← Back to homepage

How to generate a summary of your Keras model?

April 1, 2020 by Chris

When building a neural network with the Keras framework for deep learning, I often want to have a quick and dirty way of checking whether everything is all right. That is, whether my layers output data correctly, whether my parameters are in check, and whether I have a good feeling about the model as a whole.

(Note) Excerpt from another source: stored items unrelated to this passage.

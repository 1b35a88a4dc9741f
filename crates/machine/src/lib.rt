// The machine that bench and printer share: fetch, step and run of one executor (the Rust's Executor::run and below), and the bytes of its
// write calls. For the layers above.
#![tactic(auto)]

pub mod run;
pub mod step;
pub mod write;
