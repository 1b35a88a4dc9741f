// A run of an executor up to a limit of instructions.
ghost use Rattle.std.specs.Prelude.{◌≡◌, ◌+◌, ◌-◌, ◌<◌, ◌^◌};
ghost use Rattle.rows.specs.Rows.{row, Shape, depth_of, limit_of, memory_words};
ghost use Rattle.rows.specs.Lent.{lent, SameSlices};
ghost use Rattle.machine.specs.Runs.{run_of, finished_as};
ghost use Rattle.machine.specs.Pauses.{halted_as, paused_of};
ghost use Rattle.machine.specs.Handing.{halted_for, progress_of};
ghost use Rattle.machine.specs.HandedOut.{HandedOut};

use crate::step::take_step;
use answers::outcome::Progress;
use calls::step::Step;
use known::Known;
use rows::row::{DEPTH, LIMIT, PC, RowMut};

// What a run answers: still running (number 22) or how it ended; the pc before the last instruction, or the
// row's if it still runs; and how many tape words are used.
#[derive(Clone, Copy)]
pub struct Ran {
    pub progress: Progress,
    pub pc: u64,
    pub used: usize,
}

// The same of a run that halts at a write call: the step says at what it halted.
#[derive(Clone, Copy)]
pub struct Paused {
    pub step: Step,
    pub pc: u64,
    pub used: usize,
}

// The loop of a run.
#[inline(always)]
fn run_loop(
    row: &mut RowMut,
    limit: u64,
    tape: &[u64],
    used: usize,
    known: &mut Known,
    handing: bool,
) -> Paused
    ensures result_after { halted_as row.new.words.now row.new.marks.now result
        ≡ halted_for handing (limit - depth_of (lent row.old)) tape.now used (lent row.old) }
    ensures same_slices { SameSlices row.old row.new }
{
    let mut used = used;
    while row.words[DEPTH] < limit {
        let pc = row.words[PC];
        let step = take_step(row, tape, &mut used, known, handing);
        let Step::Running = step else {
            return Paused { step, pc, used };
        };
    }
    Paused {
        step: Step::Running,
        pc: row.words[PC],
        used,
    }
}

fn progress_of(step: Step) -> Progress
    ensures { result ≡ progress_of step }
{
    match step {
        Step::Running | Step::Write { .. } => Progress::Running,
        Step::Ended(outcome) => Progress::Ended(outcome),
    }
}

// Runs until depth is at the limit; write calls are handed out, or completed: their bytes go nowhere then. There is one loop
// for both, since a second one, or a second caller of an instruction, makes either of them slower by half; and the view of the
// row is made here, beside the loop, since a run reads one behind a reference anew at each instruction, and is slower by a sixth.
fn run_to(
    words: &mut [u64],
    marks: &mut [u8],
    limit: u64,
    tape: &[u64],
    used: usize,
    known: &mut Known,
    handing: bool,
) -> Paused
    requires { Shape words.old marks.old }
    ensures { halted_as words.new marks.new result
        ≡ halted_for handing (limit - depth_of (row words.old marks.old)) tape.now used (row words.old marks.old) }
{
    let mut row = RowMut { words, marks };
    run_loop(&mut row, limit, tape, used, known, handing)
}

// Runs at most `step` instructions more.
pub fn run(words: &mut [u64], marks: &mut [u8], step: u32, tape: &[u64], used: usize) -> Ran
    requires shape { Shape words.old marks.old }
    requires step_bound { limit_of (row words.old marks.old) + step < 2 ^ 64 }
    ensures { finished_as words.new marks.new result
        ≡ run_of step tape.now used (row words.old marks.old) }
{
    let limit = words[LIMIT] + step as u64;
    words[LIMIT] = limit;
    let mut known = Known::new();
    let paused = run_to(words, marks, limit, tape, used, &mut known, false);
    Ran {
        progress: progress_of(paused.step),
        pc: paused.pc,
        used: paused.used,
    }
}

// Runs at most `step` instructions more, up to a write call, which the caller completes by `write_to`, or not at all. What the run decodes
// it keeps in a table of the caller's, for the next call.
pub fn run_to_write(
    row: &mut RowMut,
    step: u32,
    tape: &[u64],
    used: usize,
    known: &mut Known,
) -> Paused
    requires step_bound { limit_of (lent row.old) + step < 2 ^ 64 }
    ensures result_after { halted_as row.new.words.now row.new.marks.now result
        ≡ paused_of step tape.now used (lent row.old) }
    ensures handed_out { HandedOut (memory_words (lent row.old)) result.step }
    ensures same_slices { SameSlices row.old row.new }
{
    let limit = row.words[LIMIT] + step as u64;
    row.words[LIMIT] = limit;
    run_to(row.words, row.marks, limit, tape, used, known, true)
}
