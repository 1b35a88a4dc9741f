// The bytes of a write call, for whoever runs up to one.
ghost use Rattle.std.specs.Prelude.{◌≡◌, ◌+◌, ◌*◌, ◌/◌, ◌<◌, ◌≤◌, length};
ghost use Rattle.rows.specs.Rows.{memory_words};
ghost use Rattle.rows.specs.Lent.{seen, lent, SameSlices};
ghost use Rattle.calls.specs.Calls.{completed};
ghost use Rattle.machine.specs.Writes.{byte_at, bytes_from};

use calls::system::complete_write;
use rows::row::{RowMut, RowRef};
use values::{Value, byte_of};

// A word has this many bytes.
const BYTES: u64 = 8;

// The byte at an address of memory.
fn byte_at(row: RowRef, address: u64) -> u8
    requires { address / 8 < memory_words (seen row) }
    ensures { result ≡ byte_at (seen row.entry) address }
{
    match row.read_memory((address / BYTES) as usize) {
        Value::Concrete(word) => byte_of(word, address % BYTES),
        Value::Uninitialized => 0,
    }
}

// Copies the bytes of a write call that was handed out, from its buffer on, to an output of the call's size, and completes the call.
#[tactic(auto, unfolding(crate::specs::Writes::bytes_from))]
pub fn write_to(row: &mut RowMut, buffer: u64, output: &mut [u8])
    requires output_bound { buffer + length output.old ≤ 8 * memory_words (lent row.old) }
    ensures output_after { output.new ≡ bytes_from (length output.old) buffer (lent row.old) }
    ensures row_after { lent row.new ≡ completed (length output.old) (lent row.old) }
    ensures same_slices { SameSlices row.old row.new }
{
    let view = row.view();
    for k in 0..output.len() {
        output[k] = byte_at(view, buffer + k as u64);
    }
    complete_write(row, output.len() as u64);
}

Keras model summaries help me do this. They provide a text-based overview of what I've built, which is especially useful when I have to add symmetry such as with autoencoders. But how to create these summaries? And why are they so useful? We'll discover this in today's blog post.

Firstly, we'll look at some high-level building blocks which I usually come across when I build neural networks. Then, we continue by looking at how Keras model summaries help me during neural network development. Subsequently, we generate one ourselves, by adding it to an example Keras ConvNet. This way, you'll be able to generate model summaries too in your Keras models.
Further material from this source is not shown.